R – How to Simulate Survival Data

r

AFT model for survial time and Cox model for censored time

How can I generate survival data according to the specified models?

Best Answer

Generating $\tilde{T}$ is straightforward from the model. I assume the difficulty lies in sampling $C$ from a Cox model, and you wouldn't be alone in this confusion.

The general methodology used to generate data from a Cox model is inverse CDF sampling (the inverse operation of probability integral transform). The sampling scheme goes as follows:

  1. Generate $u \sim U(0,1)$ where $U(0,1)$ indicates the standard uniform distribution.
  2. Set $c \gets F_C^{-1}(u)$ where $F_C$ is the cumulative distribution function of the censored time $C$.
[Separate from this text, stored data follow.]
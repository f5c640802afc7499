// All equations of two stores, one after the other, and the symbols where they settle them. The order in which they stand decides the speed, and not
// the answer.
ghost use Rattle.std.specs.Prelude.{List, ◌≡◌, ℕ, ◌+◌, ◌*◌, ◌≤◌, ◌<◌, length};
ghost use Rattle.field.specs.Runs.{Written};
ghost use Rattle.linear.specs.Rows.{OnlyBelow};
ghost use Rattle.linear.specs.Elimination.{Stepped};
ghost use Rattle.elimination.specs.Steps.{Pivots, StoresRoom, column};
ghost use Rattle.elimination.specs.Taking.{Wide};
ghost use Rattle.elimination.specs.Solving.{Gone, HeldVerdict, Reached, Under, progressed};
ghost use Rattle.elimination.specs.Verdict.{Answered};

use crate::beneath::taking::Taken;
use crate::beneath::{rows, settling, taking};
use crate::verdict::Verdict;
use field::beneath::runs;

// How many equations are held so far; None: one of them cannot be met.
pub type Progress = Option<usize>;

// How many are held, with r before.
pub fn held_now(r: usize, x: Taken) -> Progress
    requires { r ≤ 65535 }
    ensures { result ≡ progressed r x }
{
    match x {
        Taken::Held => Some(r + 1),
        Taken::Dependent => Some(r),
        Taken::Clash => None,
    }
}

// Takes equation i, with r of those before it held in front of it.
fn advance(
    rows: &mut [u8],
    values: &mut [u8],
    pivots: &mut [u16],
    l: usize,
    t: usize,
    i: usize,
    r: usize,
    row: &mut [u8],
    symbol: &mut [u8],
) -> Progress
    requires stores_room { StoresRoom (i + 1) l t rows.old values.old × Pivots l pivots.old × Wide l t row.old symbol.old × (r ≤ i) }
    requires stepped { Stepped l r (column pivots.old) rows.old values.old }
    ensures only_below { OnlyBelow ((i + 1) * l) rows.old rows.new × OnlyBelow ((i + 1) * t) values.old values.new }
    ensures one_more { (a₀ d₀ : List ℕ) → Under l t i r pivots.old a₀ d₀ rows.old values.old
        → Gone l t (i + 1) pivots.new a₀ d₀ rows.new values.new result }
{
    rows::copy_row(rows, row, l, 0, i);
    let laid = rows::lay_symbol(values, symbol, t, i);
    held_now(
        r,
        taking::take(rows, values, pivots, l, t, r, row, symbol, laid),
    )
}

// Takes all m equations.
fn forward(
    rows: &mut [u8],
    values: &mut [u8],
    pivots: &mut [u16],
    m: usize,
    l: usize,
    t: usize,
    row: &mut [u8],
    symbol: &mut [u8],
) -> Progress
    requires { StoresRoom m l t rows.old values.old × Pivots l pivots.old × Wide l t row.old symbol.old }
    ensures only_below { OnlyBelow (m * l) rows.old rows.new × OnlyBelow (m * t) values.old values.new }
    ensures gone { Gone l t m pivots.new rows.old values.old rows.new values.new result }
{
    let mut r = 0;
    for i in 0..m {
        r = advance(rows, values, pivots, l, t, i, r, row, symbol)?;
    }
    Some(r)
}

// The same in buffers that may be longer than a row and a symbol.
fn forward_in(
    rows: &mut [u8],
    values: &mut [u8],
    pivots: &mut [u16],
    m: usize,
    l: usize,
    t: usize,
    row: &mut [u8],
    symbol: &mut [u8],
) -> Progress
    requires { StoresRoom m l t rows.old values.old × Pivots l pivots.old × (l ≤ length row.old) × (t ≤ length symbol.old) }
    ensures only_below { OnlyBelow (m * l) rows.old rows.new × OnlyBelow (m * t) values.old values.new }
    ensures stores_room { StoresRoom m l t rows.new values.new × Reached l t pivots.new rows.new values.new result }
    ensures gone { Gone l t m pivots.new rows.old values.old rows.new values.new result }
{
    forward(
        rows,
        values,
        pivots,
        m,
        l,
        t,
        &mut row[..l],
        &mut symbol[..t],
    )
}

// What r held equations in l symbols come to.
pub fn counted(l: usize, r: usize) -> Verdict
    requires { l ≤ 65535 }
    ensures { HeldVerdict l r result }
{
    if l <= r {
        return Verdict::Solved;
    }
    Verdict::Open((l - r) as u32)
}

// The used parts of both stores are made 0, and the verdict is handed on.
fn emptied(rows: &mut [u8], values: &mut [u8], m: usize, l: usize, t: usize, v: Verdict) -> Verdict
    requires { StoresRoom m l t rows.old values.old }
    ensures rows_cleared { Written (λ _. 0) rows.old rows.new 0 (m * l) }
    ensures values_cleared { Written (λ _. 0) values.old values.new 0 (m * t) }
    ensures value { result ≡ v }
{
    runs::clear(rows, 0, m * l);
    runs::clear(values, 0, m * t);
    v
}

// All of it, in a frame for at most N symbols of at most N octets: a pivot for each, a row and a symbol.
fn framed<const N: usize>(
    rows: &mut [u8],
    values: &mut [u8],
    out: &mut [u8],
    m: usize,
    l: usize,
    t: usize,
) -> Verdict
    requires room { StoresRoom m l t rows.old values.old × (l * t ≤ length out.old) }
    requires frame { (0 < t) × (l ≤ N) × (t ≤ N) × (N ≤ 65535) }
    ensures { Answered m l t rows.old values.old out.old rows.new values.new out.new result }
{
    let mut pivots = [0u16; N];
    let mut row = [0u8; N];
    let mut symbol = [0u8; N];
    let Some(r) = forward_in(rows, values, &mut pivots, m, l, t, &mut row, &mut symbol) else {
        return emptied(rows, values, m, l, t, Verdict::Contradiction);
    };
    settling::settle(rows, values, &pivots, l, t, r, out);
    emptied(rows, values, m, l, t, counted(l, r))
}

// Solves the m equations in l symbols of t octets that the two stores hold. Their used parts are 0 afterwards.
pub fn solve_stored(
    rows: &mut [u8],
    values: &mut [u8],
    out: &mut [u8],
    m: usize,
    l: usize,
    t: usize,
) -> Verdict
    requires { StoresRoom m l t rows.old values.old × (l * t ≤ length out.old) × (0 < t) × (l ≤ 65535) × (t ≤ 65535) }
    ensures { Answered m l t rows.old values.old out.old rows.new values.new out.new result }
{
    // The large frame, of 256 KiB, is called at two places: what is called once becomes a part of its caller, and its frame with it, and then a small
    // block would take as much.
    if l > 2048 {
        return framed::<65535>(rows, values, out, m, l, t);
    }
    if t > 2048 {
        return framed::<65535>(rows, values, out, m, l, t);
    }
    framed::<2048>(rows, values, out, m, l, t)
}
I'll write the expression inside the exponential function as $h(X,A)$ for convenience. Then the Cox model has the hazard function $\lambda_C(t\mid X,A) = \lambda_0(t)\exp(h(X,A))$, which gives the survival function $S_C(t\mid X,A) = \exp\{-\Lambda_0(t)\exp(h(X,A)) \}$. The CDF and survival function are related to each other: $F_C(t\mid X,A) = 1-S_C(t\mid X,A)$.

Depending on the form of the cumulative hazard $\Lambda_0(t)$, the inverse of $F_C(t\mid X,A)$ may not be available in closed form. If $\Lambda_0^{-1}(x)$ is available, then $F_C^{-1}(u\mid X,A) = \Lambda^{-1}\left[-\log(1-u)\exp(h(X,A)) \right]$. If not, you may want to numerically solve the equation $F_C(t\mid X,A)-u=0$ for $t$ given a uniform variable $u$.